Me and the chairman of the United Democratic Forces Mr. Martin Dimitrov participated in the Commission meeting, which discussed another part of the Act. We were clearly informed that there was no point in discussing “old” problems from the past meeting, although the rules permit, if the Commission was WELL-INTENTIONED to approve editions, which would have been useful, but it did not happen anyway.
Bogomil and Martin Dimitrov
A journalist, who was sitting next to me at the meeting, said that what was happening resembled a market place and I couldn’t disagree. Everyone was talking, making noise, bargaining, inadequate remarks were exchanged all the time; even the chairman allowed himself to say that there was an Article, he could not understand, but he would propose it for voting. That’s classic! Also he appealed to the members not to be innovative and not to invent rules, which were not in the Directive?!?
Now the issues are about to be discussed on a plenary meeting of the Parliament that’s why we shall act again to show our arguments to everyone who wants to hear us in order to achieve the citizens‘ digital rights.

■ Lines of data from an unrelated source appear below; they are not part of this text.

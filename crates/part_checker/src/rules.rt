//! The rules of the parts of a form, one by one.

ghost use Rattle.std.specs.Prelude.{◌≡◌, ◌↔◌, IfOk, IsTrue, length};
ghost use Rattle.cert_text.specs.Rules.{HasLowerLists, HasReasons, LeadsDown};
ghost use Rattle.mixed_matrices.specs.LayeredMatrices.{LayeredMatrix};
ghost use Rattle.part_checker.specs.Told.{AreTold, IsPrintedBy, TellsParts};

use crate::telling::PartsTold;
use cert_text::Ccf;
use out_of_memory::NoMemory;
use part_orders::{are_covers, is_least_first};
use part_search::{arcs_are_down, are_met};
use residue_field::Field;
use std::alloc::Global;

/// Whether each free column stands first and each end last, and each column leads where it may.
pub fn leads_down<F: Field>(form: &Ccf<F>, parts: &[usize], told: &PartsTold) -> bool
    requires parts { TellsParts form.now parts.now }
    requires told { AreTold F.modulus form.now parts.now told.now }
    ensures { (L : LayeredMatrix) → IsPrintedBy L form.now → IsTrue result ↔ LeadsDown F.modulus L form.now }
{
    let last = form.blocks().as_slice().len() + 2;
    let arcs = &told.arcs;
    arcs_are_down(&arcs.arcs, &arcs.free, &arcs.ends, parts, last, &told.below)
}

/// Whether each column of the first tail is free or reached from a free one, each of the last an end or reaches one, and
/// any two of a block reach each other, where columns lead where they may.
pub fn has_reasons<F: Field>(
    alloc: Global,
    form: &Ccf<F>,
    parts: &[usize],
    told: &PartsTold,
) -> Result<bool, NoMemory>
    requires parts { TellsParts form.now parts.now }
    requires told { AreTold F.modulus form.now parts.now told.now }
    ensures { IfOk result (λ answer. (L : LayeredMatrix) → IsPrintedBy L form.now → LeadsDown F.modulus L form.now →
        IsTrue answer ↔ HasReasons F.modulus L form.now) }
{
    let last = form.blocks().as_slice().len() + 2;
    let arcs = &told.arcs;
    are_met(
        alloc,
        &arcs.arcs,
        &arcs.free,
        &arcs.ends,
        parts,
        last,
        &told.heads,
    )
}

/// Whether each lower list holds exactly the blocks right below, and the blocks are listed with the least column first,
/// where the rules before are kept.
pub fn has_lower_lists<F: Field>(
    alloc: Global,
    form: &Ccf<F>,
    parts: &[usize],
    told: &PartsTold,
) -> Result<bool, NoMemory>
    requires parts { TellsParts form.now parts.now }
    requires told { AreTold F.modulus form.now parts.now told.now }
    ensures { IfOk result (λ answer. (L : LayeredMatrix) → IsPrintedBy L form.now → LeadsDown F.modulus L form.now →
        HasReasons F.modulus L form.now → IsTrue answer ↔ HasLowerLists F.modulus L form.now) }
{
    let blocks = form.blocks().as_slice().len();
    if !is_least_first(alloc, &told.lower, &told.heads)? {
        return Ok(false);
    }
    are_covers(
        alloc,
        &told.arcs.arcs,
        parts,
        blocks,
        &told.lower,
        &told.below,
    )
}
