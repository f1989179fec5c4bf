//! The printed rows of a matrix, and of the unit matrix.

ghost use Rattle.std.specs.Prelude.{◌≡◌, IfOk};
ghost use Rattle.dense_q.specs.Tables.{entry, height};
ghost use Rattle.linear_algebra.specs.Products.{identity};
ghost use Rattle.cert_text.specs.Contents.{numbered, numbered_rows};
ghost use Rattle.cert_text.specs.Printing.{PrintsMatrix};
ghost use Rattle.row_entries.specs.Rows.{items, placed};

use cert_text::Items;
use out_of_memory::NoMemory;
use residue_field::Field;
use row_entries::{Entry, EntryMat};
use std::alloc::Global;

// The entries of a row, each by its column and its value.
fn entries_of<F: Field>(alloc: Global, row: &[Entry<F>]) -> Result<Items<(usize, F)>, NoMemory>
    ensures { IfOk result (λ entries. numbered F.number entries ≡ placed (items F.number row.now)) }
{
    let mut entries = Vec::with_capacity(alloc, row.len())?;
    for entry in row {
        entries.push((entry.column as usize, entry.value))?;
    }
    Ok(Items::from_vec(entries))
}

/// The printed rows of a matrix.
pub fn rows_of<F: Field>(
    alloc: Global,
    matrix: &EntryMat<F>,
) -> Result<Items<Items<(usize, F)>>, NoMemory>
    ensures { IfOk result (λ rows. PrintsMatrix F.modulus (height matrix.now) matrix.now.width (entry matrix.now)
        (numbered_rows F.number rows)) }
{
    let mut rows = Vec::with_capacity(alloc, matrix.rows())?;
    for row in 0..matrix.rows() {
        rows.push(entries_of(alloc, matrix.row(row))?)?;
    }
    Ok(Items::from_vec(rows))
}

/// The rows of the unit matrix of n rows and columns.
pub fn unit_rows<F: Field>(alloc: Global, n: usize) -> Result<Items<Items<(usize, F)>>, NoMemory>
    ensures { IfOk result (λ rows. PrintsMatrix F.modulus n n identity (numbered_rows F.number rows)) }
{
    let mut rows = Vec::with_capacity(alloc, n)?;
    for row in 0..n {
        let mut entries = Vec::new(alloc);
        entries.push((row, F::one()))?;
        rows.push(Items::from_vec(entries))?;
    }
    Ok(Items::from_vec(rows))
}
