//! Whether columns of a matrix are unit columns.

ghost use Rattle.std.specs.Prelude.{◌≡◌, ◌<◌, ◌≤◌, ◌↔◌, ℕ, IfOk, IsTrue, length};
ghost use Rattle.std.specs.List.{All};
ghost use Rattle.cert_text.specs.Contents.{numbered, numbered_rows};
ghost use Rattle.cert_text.specs.Ranges.{ArePairs, IsPrintedMatrix};
ghost use Rattle.cert_text.specs.Readings.{entry_at};
ghost use Rattle.cert_checker.specs.Units.{AreBaseMarks, AreOnes, AreUnits, IsClear, AreClear};

use cert_text::Items;
use out_of_memory::NoMemory;
use residue_field::Field;
use std::alloc::Global;

// For each column the row of an item with it, and `rows` where there is none.
fn marks_of(
    alloc: Global,
    base: &[(usize, usize)],
    rows: usize,
    columns: usize,
) -> Result<Vec<usize>, NoMemory>
    requires { ArePairs rows columns base.now }
    ensures { IfOk result (λ marks. AreBaseMarks rows columns base.now (length base.now) marks.items) }
{
    let mut marks = vec![in alloc; rows; columns]?;
    for item in base {
        marks[item.1] = item.0;
    }
    Ok(marks)
}

// Whether the entry at a column of a row is 1.
fn is_one<F: Field>(row: &[(usize, F)], column: usize) -> bool
    ensures { IsTrue result ↔ (entry_at (numbered F.number row.now) column ≡ 1) }
{
    for entry in row {
        if entry.0 == column {
            return entry.1.value() == 1;
        }
    }
    false
}

// Whether the entry of each item is 1.
fn are_ones<F: Field>(p: &[Items<(usize, F)>], base: &[(usize, usize)], columns: usize) -> bool
    requires { ArePairs (length p.now) columns base.now }
    ensures { IsTrue result ↔ AreOnes (numbered_rows F.number p.now) base.now (length base.now) }
{
    for item in base {
        if !is_one(p[item.0].as_slice(), item.1) {
            return false;
        }
    }
    true
}

// Whether the entries of row i stand at columns with no mark, or with its own.
fn is_clear<F: Field>(row: &[(usize, F)], i: usize, marks: &[usize], rows: usize) -> bool
    requires { All (λ entry. entry.0 < length marks.now) row.now }
    ensures { IsTrue result ↔ IsClear rows marks.now i (numbered F.number row.now) (length row.now) }
{
    for entry in row {
        let mark = marks[entry.0];
        if mark != rows && mark != i {
            return false;
        }
    }
    true
}

// Whether this is so of each row.
fn are_clear<F: Field>(p: &[Items<(usize, F)>], marks: &[usize]) -> bool
    requires { IsPrintedMatrix F.modulus (length p.now) (length marks.now) (numbered_rows F.number p.now) }
    ensures { IsTrue result ↔ AreClear (length p.now) marks.now (numbered_rows F.number p.now) (length p.now) }
{
    for i in 0..p.len() {
        if !is_clear(p[i].as_slice(), i, marks, p.len()) {
            return false;
        }
    }
    true
}

/// Whether the column of each item of the base is 1 at its row and 0 elsewhere.
pub fn are_units<F: Field>(
    alloc: Global,
    p: &[Items<(usize, F)>],
    base: &[(usize, usize)],
    columns: usize,
) -> Result<bool, NoMemory>
    requires p { IsPrintedMatrix F.modulus (length p.now) columns (numbered_rows F.number p.now) }
    requires base { ArePairs (length p.now) columns base.now }
    ensures { IfOk result (λ answer.
        IsTrue answer ↔ AreUnits F.modulus (length p.now) (numbered_rows F.number p.now) base.now) }
{
    let marks = marks_of(alloc, base, p.len(), columns)?;
    Ok(are_ones(p, base, columns) && are_clear(p, &marks))
}
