//! Whether rows stand in the parts of their columns.

ghost use Rattle.std.specs.Prelude.{◌≡◌, ◌↔◌, ℕ, IfOk, IsTrue, length};
ghost use Rattle.cert_text.specs.Ranges.{ArePairs};
ghost use Rattle.cert_checker.specs.Placing.{ArePlacedRows, StandWithColumns};

use out_of_memory::NoMemory;
use std::alloc::Global;

// For each row the part of the column of its item, and `last` where it has none.
fn wanted_places(
    alloc: Global,
    rows: usize,
    pairs: &[(usize, usize)],
    columns: &[usize],
    last: usize,
) -> Result<Vec<usize>, NoMemory>
    requires { ArePairs rows (length columns.now) pairs.now }
    ensures { IfOk result (λ places. ArePlacedRows rows pairs.now columns.now last (length pairs.now) places.items) }
{
    let mut places = vec![in alloc; last; rows]?;
    for pair in pairs {
        places[pair.0] = columns[pair.1];
    }
    Ok(places)
}

// Whether two lists hold the same numbers in the same order.
fn same_places(a: &[usize], b: &[usize]) -> bool
    ensures { IsTrue result ↔ (a.now ≡ b.now) }
{
    a == b
}

/// Whether each row with an item has the part of its column, and each other one the part `last`.
pub fn stand_with_columns(
    alloc: Global,
    places: &[usize],
    pairs: &[(usize, usize)],
    columns: &[usize],
    last: usize,
) -> Result<bool, NoMemory>
    requires { ArePairs (length places.now) (length columns.now) pairs.now }
    ensures { IfOk result (λ answer.
        IsTrue answer ↔ StandWithColumns (length places.now) pairs.now columns.now last places.now) }
{
    let wanted = wanted_places(alloc, places.len(), pairs, columns, last)?;
    Ok(same_places(&wanted, places))
}
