//! The rules by which a printed canonical form is tried.
#![tactic(auto)]

mod checking;
pub mod laws;
mod matching;
mod matrices;
mod placing;
mod products;
mod rules;
mod standing;
mod symbols;
mod units;
mod value_rows;
mod wide_rows;

pub use checking::{CheckError, check};
pub use out_of_memory::NoMemory;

We understand that this Directive is coming from the EU and we must implement it, but there is another way too. If we do not implement it, like Sweden did not, we will be sued (in the worst case) by the European Commission. We, Electronic Frontier clearly declared that we would bear the expenses for the trial if it happens. This is not populism, this is reality. This is the challenge which will not be accepted by the other side.